Girls typically outperform boys on measures of soft skills like self-control, conscientiousness, and collaboration, which may prove an important strength in future job markets.

Thomas Edison senior Daisy Paiz in a collision repair class. (Courtesy of Thomas A. Edison Career and Technical High School)

A blend of soft and technical proficiency was evident in Daisy Paiz, a senior at Thomas Edison in the collision repair program. Sharp and confident in plastic work goggles and a short-sleeved blue mechanic’s shirt embossed with her name, Paiz said she liked to help boys in the shop and loved the school (“everyone is so kind”). She was unabashedly entrepreneurial.

“I want to be the head of everything at my company,” she said. “I want to run everything.” She suggested she wouldn’t limit herself to the automotive industry, though it is expected to provide opportunities for workers with more advanced computer skills.

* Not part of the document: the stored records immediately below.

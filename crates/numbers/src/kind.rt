// The types of numbers, for code that goes from any to any.
ghost use Rattle.std.specs.Prelude.{◌≡◌, ◌^◌, ◌%◌};
ghost use Rattle.numbers.specs.Casts.{kind_bits};
ghost use Rattle.numbers.specs.Kinds.{kind_in};

use super::format::Format;
use super::integer::Width;

#[derive(Clone, Copy)]
pub enum Kind {
    Unsigned(Width),
    Signed(Width),
    Float(Format),
}

impl Kind {
    // The low bits of x, as many as a pattern of the kind has.
    pub fn pattern(self, x: u64) -> u64
        ensures { result ≡ x % 2 ^ kind_bits (kind_in self) }
    {
        match self {
            Kind::Unsigned(w) | Kind::Signed(w) => w.pattern(x),
            Kind::Float(f) => f.pattern(x),
        }
    }
}
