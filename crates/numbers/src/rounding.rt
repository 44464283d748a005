// A whole number shifted down, and rounded to the nearest.
ghost use Rattle.std.specs.Prelude.{◌≡◌, ◌^◌, ◌%◌};
ghost use Rattle.std.specs.Float.Ieee.Nearest.{closest};

use super::integer::low_bits;

// The 63 low bits of m over 2 ^ d, to the nearest whole number, a tie to the even one, by one sum and one shift: the sum adds half of the last
// digit that stays, less one where that digit is 0.
pub fn shift_round(m: u64, d: u32) -> u64
    ensures { result ≡ closest (m % 2 ^ 63) (2 ^ d) }
{
    let x = low_bits(m, 63);
    if d == 0 {
        return x;
    }
    if 64 <= d {
        return 0;
    }
    let half = 1u64 << (d - 1);
    (x + (half - 1) + ((x >> d) & 1)) >> d
}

Artificial intelligence will improve access to education

Speculation about future job trends by economists and at education and technology gatherings — and in fright pages listing jobs about to be rendered extinct by the meteorite of technology — centers on a few ideas. A 2017 survey of more than 1,400 experts identified by the Pew Research Center found that most believed education and training will successfully provide the skills needed for jobs that emerge in the future.

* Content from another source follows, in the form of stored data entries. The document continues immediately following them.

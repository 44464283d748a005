// Integers as patterns of bits, and their casts to integers and to floats. The casts of signed integers stand beside those of unsigned ones,
// since they take other steps: a sign is extended, and goes apart from the distance from 0. What both share is a function of its own.
ghost use Rattle.std.specs.Prelude.{◌≡◌, ◌≤◌, ◌<◌, ◌-◌, ◌*◌, ◌^◌, ◌%◌};
ghost use Rattle.common.specs.Logic.{cond, leb};
ghost use Rattle.std.specs.Prelude.{pos, unsigned_abs};
ghost use Rattle.std.specs.Float.Ieee.{prec, size};
ghost use Rattle.numbers.specs.Casts.{format_of, signed_of, int_to_int, int_to_float};
ghost use Rattle.numbers.specs.Widths.{bits_in};

use super::format::Format;
use super::rounding::shift_round;
use common::significant_bits;

// How many bits an integer has.
#[derive(Clone, Copy)]
pub enum Width {
    W8,
    W16,
    W32,
    W64,
}

impl Width {
    pub fn bits(self) -> u32
        ensures { result ≡ bits_in self }
    {
        match self {
            Width::W8 => 8,
            Width::W16 => 16,
            Width::W32 => 32,
            Width::W64 => 64,
        }
    }

    // Half of the patterns of the width, which is the weight of their highest bit.
    pub fn half(self) -> u64
        ensures { result ≡ 2 ^ (bits_in self - 1) }
    {
        1u64 << (self.bits() - 1)
    }

    // The largest pattern of the width, all ones.
    pub fn ones(self) -> u64
        ensures { result ≡ 2 ^ bits_in self - 1 }
    {
        self.pattern(u64::MAX)
    }

    // The low bits of x, as many as a pattern of the width has.
    pub fn pattern(self, x: u64) -> u64
        ensures { result ≡ x % 2 ^ bits_in self }
    {
        low_bits(x, self.bits())
    }
}

// The w low bits of x, which has 64.
pub fn low_bits(x: u64, w: u32) -> u64
    ensures { result ≡ x % 2 ^ w }
{
    if 64 <= w {
        return x;
    }
    x & ((1u64 << w) - 1)
}

// One of two numbers. As a call LLVM sees a select of two values that are both at hand, where an `if` around them is a branch on a point's value.
pub fn select(first: bool, a: u64, b: u64) -> u64
    ensures { result ≡ cond first a b }
{
    if first { a } else { b }
}

// The pattern in 64 bits of the signed integer whose pattern is the low bits of x: its order number among the integers of the width, moved down
// again.
fn sign_extended(x: u64, w: Width) -> u64
    ensures { result ≡ int_to_int 64 (signed_of (bits_in w) (x % 2 ^ bits_in w)) }
{
    let lifted = w.pattern(w.pattern(x).wrapping_add(w.half()));
    lifted.wrapping_sub(w.half())
}

// The low bits of x as an integer of another width.
#[tactic(auto, unfolding(crate::specs::Casts::int_to_int))]
pub fn unsigned_to_integer(x: u64, from: Width, to: Width) -> u64
    ensures { result ≡ int_to_int (bits_in to) (pos (x % 2 ^ bits_in «from»)) }
{
    to.pattern(from.pattern(x))
}

// The integer whose pattern is the low bits of x, as one of another width.
pub fn signed_to_integer(x: u64, from: Width, to: Width) -> u64
    ensures { result ≡ int_to_int (bits_in to) (signed_of (bits_in «from») (x % 2 ^ bits_in «from»)) }
{
    to.pattern(sign_extended(x, from))
}

// An integer that has no more digits than the format: the machine's own conversion, which is exact.
fn exact(n: i64, format: Format) -> u64
    requires { unsigned_abs n ≤ 2 ^ prec (format_of format) }
    ensures { result ≡ int_to_float (format_of format) n }
{
    match format {
        Format::Binary32 => f32::to_bits(n as f32) as u64,
        Format::Binary64 => f64::to_bits(n as f64),
    }
}

// x with its leading digit at the top of 64 bits; k is how many digits it has. 0 has none, and stays 0.
fn normalized(x: u64, k: u32) -> u64
    requires { k ≡ size x }
    ensures { result ≡ x * 2 ^ (64 - size x) }
{
    x << ((64 - k) & 63)
}

// An integer of any number of digits, rounded once. How many it has gives the exponent; those below the leading one are brought to the top and
// rounded to as many as the format has, by one shift, and a carry out of them counts the exponent up. 0, which has no leading digit, is told by
// a select, so that no branch hangs on a value.
fn unsigned_rounded(x: u64, format: Format) -> u64
    ensures { result ≡ int_to_float (format_of format) (pos x) }
{
    let p = format.precision();
    let k = significant_bits(x);
    let exponent = format.bias() + (k as u64) - 1;
    let digits = shift_round(normalized(x, k), 64 - p);
    select(x == 0, 0, (exponent << (p - 1)) + digits)
}

// The low bits of x as a float.
pub fn unsigned_to_float(x: u64, w: Width, format: Format) -> u64
    ensures { result ≡ int_to_float (format_of format) (pos (x % 2 ^ bits_in w)) }
{
    let y = w.pattern(x);
    if w.bits() <= format.precision() {
        return exact(y as i64, format);
    }
    unsigned_rounded(y, format)
}

// The distance from 0 of the integer whose pattern in 64 bits is y.
pub fn distance(y: u64) -> u64
    ensures { result ≡ cond (leb (2 ^ 63) y) (2 ^ 64 - y) y }
{
    y.cast_signed().unsigned_abs()
}

// The integer whose pattern in 64 bits is y, rounded once: the sign apart from the distance, so that no branch hangs on it.
fn signed_rounded(y: u64, format: Format) -> u64
    ensures { result ≡ int_to_float (format_of format) (signed_of 64 y) }
{
    let negative = 0x8000_0000_0000_0000 <= y;
    format.sign_bit(negative) + unsigned_rounded(distance(y), format)
}

// The integer whose pattern is the low bits of x, as a float.
pub fn signed_to_float(x: u64, w: Width, format: Format) -> u64
    ensures { result ≡ int_to_float (format_of format) (signed_of (bits_in w) (x % 2 ^ bits_in w)) }
{
    let y = sign_extended(x, w);
    if w.bits() <= format.precision() {
        return exact(y.cast_signed(), format);
    }
    signed_rounded(y, format)
}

Pew respondents said education needed to capitalize on advances in artificial intelligence to become more customizable. Universities would continue to offer the richest learning experience, but job preparation would migrate online, they said, offered by schools or employers or other providers, allowing students and workers to earn job credentials more flexibly and augment learning throughout their lives.

The specificity of this vision is ahead of the evidence, but its outlines were supported in a 2017 book-length review by the National Science Foundation of the latest evidence and industry innovation.

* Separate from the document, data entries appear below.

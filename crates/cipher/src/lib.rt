#![tactic(auto)]
// The interface of a tweakable cipher, the tweak that the mode gives it, and the bench cipher.
pub mod bench;
pub mod domain;
pub mod tweak;
pub mod tweakable;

The economists who wrote the study concluded that advances in artificial intelligence and robotics will increase productivity and quality of life, but “humans are still more effective than computers at many tasks, especially those that require creative reasoning, non-routine dexterity, and interpersonal empathy.”

The technological gains transforming much of daily life offered “new and potentially more widely accessible ways to access education,” they wrote.

The increasing value of soft skills is backed by evidence

Deming, in his 2017 paper, builds on Nobel economist James Heckman’s argument that because traditional measures of intelligence explain only some of the difference between the earnings of similar workers, “productivity is likely influenced by multiple dimensions of skill” — not just cognitive ability.

Other studies have shown that the value of cognitive ability — independent of social competencies — reached a plateau after 2000.

Analyzing employment trends between 1980 and 2012, Deming found that jobs requiring extensive interaction, such as teachers, managers, and nurses, grew by nearly 12 points as a share of the labor force, while analytical positions that required few social skills, including some engineering jobs, declined. Wages for “high math, low social skill” occupations increased by 5.9 percent, compared with 26 percent growth for “high math, high social skill” openings.

“Computers are still very poor at simulating human interaction,” Deming wrote. “Reading the minds of others and reacting is an unconscious process, and skill in social settings has evolved in humans over thousands of years.

“Such non-routine interaction is at the heart of the human advantage over machines.”

Disclosure: The 74’s coverage of the skills gap, the challenges and opportunities of better educating our future workforce, and efforts underway to improve local employment pipelines is underwritten in part by the U.S. Chamber of Commerce Foundation.